Summary of the options and timing

If your child can make decisions in some areas but not others, or just needs some support in making decisions, there are different options you can consider!

The important thing is to think carefully about your child's abilities, and to try to give them as much independence as possible.

The range of guardianship options

In Massachusetts, guardianship doesn't have to be an all-or-nothing decision.

If your family member needs help in some areas of life but not others, there are options that let you help with just the parts they need.

Terms you might hear often:

  • Guardianship - this means that another person (the guardian) is appointed to make decisions on behalf of the person with a disability. These can include decisions about all aspects of their life.

  • Conservatorship - this means that another person (the conservator) is appointed just to manage money for the person with a disability.

Below is a chart of the range of guardianship options:

Guardianship options. Listed from less restrictive options to more restrictive options. 1. Supported self-advocacy. Not all people with disabilities need guardianship or legal alternatives to guardianship.  Many resources are available to support self-advocacy and self-determination. 2. Alternatives not involved the court system. A range of options including a Health Care Proxy, Durable Power of Attorney, or Appointment of Advocate and Authorization can help maximize independence while provide decision support.  3. Limited conservatorship. Specifies specific areas of financial management where the conservator makes decisions on behalf of the person with the disability. The individual can make all other financial decisions. 4. Full conservatorship. The conservatorship has full control the finances of the person with a disability. The individual's decision-making rights regarding their money are significantly restricted. 5. Limited Guardianship. Specifies specific areas of life where the guardian makes decisions on behalf of the person with a disability. The individual maintains decision-making rights in all other areas. 6. Full guardianship. The guardian has the authority to make all decisions in all areas of life on behalf of the person with a disabiilty. The individual's decision-making rights are significantly restricted.

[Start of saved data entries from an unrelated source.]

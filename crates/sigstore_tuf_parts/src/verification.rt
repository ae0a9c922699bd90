// The key that a declared key gives.
ghost use Rattle.std.specs.Prelude.{◌≡◌, ◌≢◌, Ok, Err, IfOk, IfErr};
ghost use Rattle.std.specs.Str.{trim};
ghost use Rattle.hex.specs.Hex.{decode_of};
ghost use Rattle.sigstore_tuf_parts.specs.Crypto.{text_key_of, declared_scheme, spki_fault, armored_key_of, raw_ed25519_of, bare_key_of};
ghost use Rattle.sigstore_tuf_parts.specs.By.{key_by};
ghost use Rattle.sigstore_tuf_parts.specs.declared.verification.KeyFault.TheVariants.{NoMemory};

use crate::keys::Key;
use foundation::NoMemory;
use hex::FromHexError;
use sigstore_keys::{Error as CryptoError, SigningScheme, VerificationKey};
use sigstore_types_parts::{Armor, Bytes, DerPublicKey};
use std::alloc::Global;

/// Why a declared key gives no key: its text holds none, its scheme is none of the nine, the maker of
/// keys refuses it, or memory is wanting.
#[derive(Clone, Copy, Debug, PartialEq, Eq, Drop)]
pub enum KeyFault {
    /// The text holds no key.
    Unusable,
    /// The scheme is none of the nine.
    Unsupported,
    /// The maker of keys refuses the bytes.
    Refused,
    /// An allocation was refused.
    NoMemory,
}

impl From<NoMemory> for KeyFault {
    ghost from_gives = { λ _ e. e ≡ NoMemory };

    fn from(_: NoMemory) -> KeyFault {
        KeyFault::NoMemory
    }
}

impl From<CryptoError> for KeyFault {
    ghost from_gives = { λ fault e. e ≡ spki_fault fault };

    fn from(fault: CryptoError) -> KeyFault {
        match fault {
            CryptoError::NoMemory => KeyFault::NoMemory,
            _ => KeyFault::Refused,
        }
    }
}

impl Key {
    /// The key that this declaration gives. Errors, the first that holds: `Unsupported` for its scheme,
    /// `Unusable` where the trimmed text holds no key, `Refused` by the maker of keys.
    #[tactic(auto, unfolding(crate::specs::Crypto::key_of))]
    pub(crate) fn read_key<M: Armor>(
        &self,
        alloc: Global,
        armor: &M,
    ) -> Result<VerificationKey, KeyFault>
        ensures ok { IfOk result (λ v. key_by M.Armor armor.now self.now ≡ Ok v) }
        ensures err { IfErr result
            (λ e. e ≢ KeyFault.NoMemory → key_by M.Armor armor.now self.now ≡ Err e) }
    {
        match declared_scheme(self.scheme.as_str()) {
            Some(scheme) => text_key(alloc, armor, scheme, trimmed(self.keyval.public.as_str())),
            None => Err(KeyFault::Unsupported),
        }
    }
}

/// The scheme of that name.
pub(crate) fn declared_scheme(name: &str) -> Option<SigningScheme>
    ensures { result ≡ declared_scheme name.now }
{
    match name {
        "ecdsa-sha2-nistp256" => Some(SigningScheme::EcdsaP256Sha256),
        "ecdsa-sha2-nistp384" => Some(SigningScheme::EcdsaP384Sha384),
        "ed25519" => Some(SigningScheme::Ed25519),
        "rsassa-pss-sha256" => Some(SigningScheme::RsaPssSha256),
        "rsassa-pss-sha384" => Some(SigningScheme::RsaPssSha384),
        "rsassa-pss-sha512" => Some(SigningScheme::RsaPssSha512),
        "ml-dsa-44/1" => Some(SigningScheme::MlDsa44),
        "ml-dsa-65/1" => Some(SigningScheme::MlDsa65),
        "ml-dsa-87/1" => Some(SigningScheme::MlDsa87),
        _ => None,
    }
}

fn trimmed(text: &str) -> &str
    ensures { result.now ≡ trim text.now }
{
    text.trim()
}

// The key that a public text holds, under a scheme.
fn text_key<M: Armor>(
    alloc: Global,
    armor: &M,
    scheme: SigningScheme,
    text: &str,
) -> Result<VerificationKey, KeyFault>
    ensures ok { IfOk result
        (λ v. text_key_of (M.armored armor.now) (M.key_in armor.now) scheme text.now ≡ Ok v) }
    ensures err { IfErr result (λ e. e ≢ KeyFault.NoMemory
        → text_key_of (M.armored armor.now) (M.key_in armor.now) scheme text.now ≡ Err e) }
{
    let text = text.as_bytes();
    if !armor.is_armored(text) {
        return bare_key(alloc, scheme, text);
    }
    match armor.read_key(alloc, text)? {
        Some(der) => armored_key(alloc, scheme, der),
        None => Err(KeyFault::Unusable),
    }
}

// The key of a text that isn't armoured: for Ed25519 64 hexadecimal digits.
fn bare_key(alloc: Global, scheme: SigningScheme, text: &[u8]) -> Result<VerificationKey, KeyFault>
    ensures ok { IfOk result (λ v. bare_key_of scheme text.now ≡ Ok v) }
    ensures err { IfErr result (λ e. e ≢ KeyFault.NoMemory → bare_key_of scheme text.now ≡ Err e) }
{
    if scheme == SigningScheme::Ed25519 && text.len() == 64 {
        raw_ed25519(alloc, text)
    } else {
        Err(KeyFault::Unusable)
    }
}

fn raw_ed25519(alloc: Global, text: &[u8]) -> Result<VerificationKey, KeyFault>
    ensures ok { IfOk result (λ v. raw_ed25519_of (decode_of text.now) ≡ Ok v) }
    ensures err { IfErr result
        (λ e. e ≢ KeyFault.NoMemory → raw_ed25519_of (decode_of text.now) ≡ Err e) }
{
    match hex::decode(alloc, text) {
        Ok(raw) => Ok(VerificationKey {
            scheme: SigningScheme::Ed25519,
            key: Bytes::from_vec(raw),
        }),
        Err(FromHexError::OutOfMemory) => Err(KeyFault::NoMemory),
        Err(_) => Err(KeyFault::Unusable),
    }
}

// The key of a SubjectPublicKeyInfo, under a scheme.
fn armored_key(
    alloc: Global,
    scheme: SigningScheme,
    der: Bytes,
) -> Result<VerificationKey, KeyFault>
    ensures ok { IfOk result (λ v. armored_key_of scheme der ≡ Ok v) }
    ensures err { IfErr result (λ e. e ≢ KeyFault.NoMemory → armored_key_of scheme der ≡ Err e) }
{
    match VerificationKey::from_spki_with_scheme(alloc, &DerPublicKey::new(der), scheme) {
        Ok(key) => Ok(key),
        Err(fault) => Err(KeyFault::from(fault)),
    }
}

When to start the process 

When should I start thinking about guardianship?

  • It is important to start this process before your child turns 18, the legal age of adulthood.

  • The guardianship process can be time-consuming and complex. Try to start learning and thinking about this decision at least one year in advance.

  • You must prepare and file the paperwork within clear time windows. There are several key deadlines. (We'll go over this! Keep reading!)

  • If you are seeking guardianship, allow about 4 to 6 months total from the time you have all of your paperwork ready until the hearing process is complete. Plan for several visits to the probate court: at least 2 trips if all paperwork is completed correctly, and more if there are problems.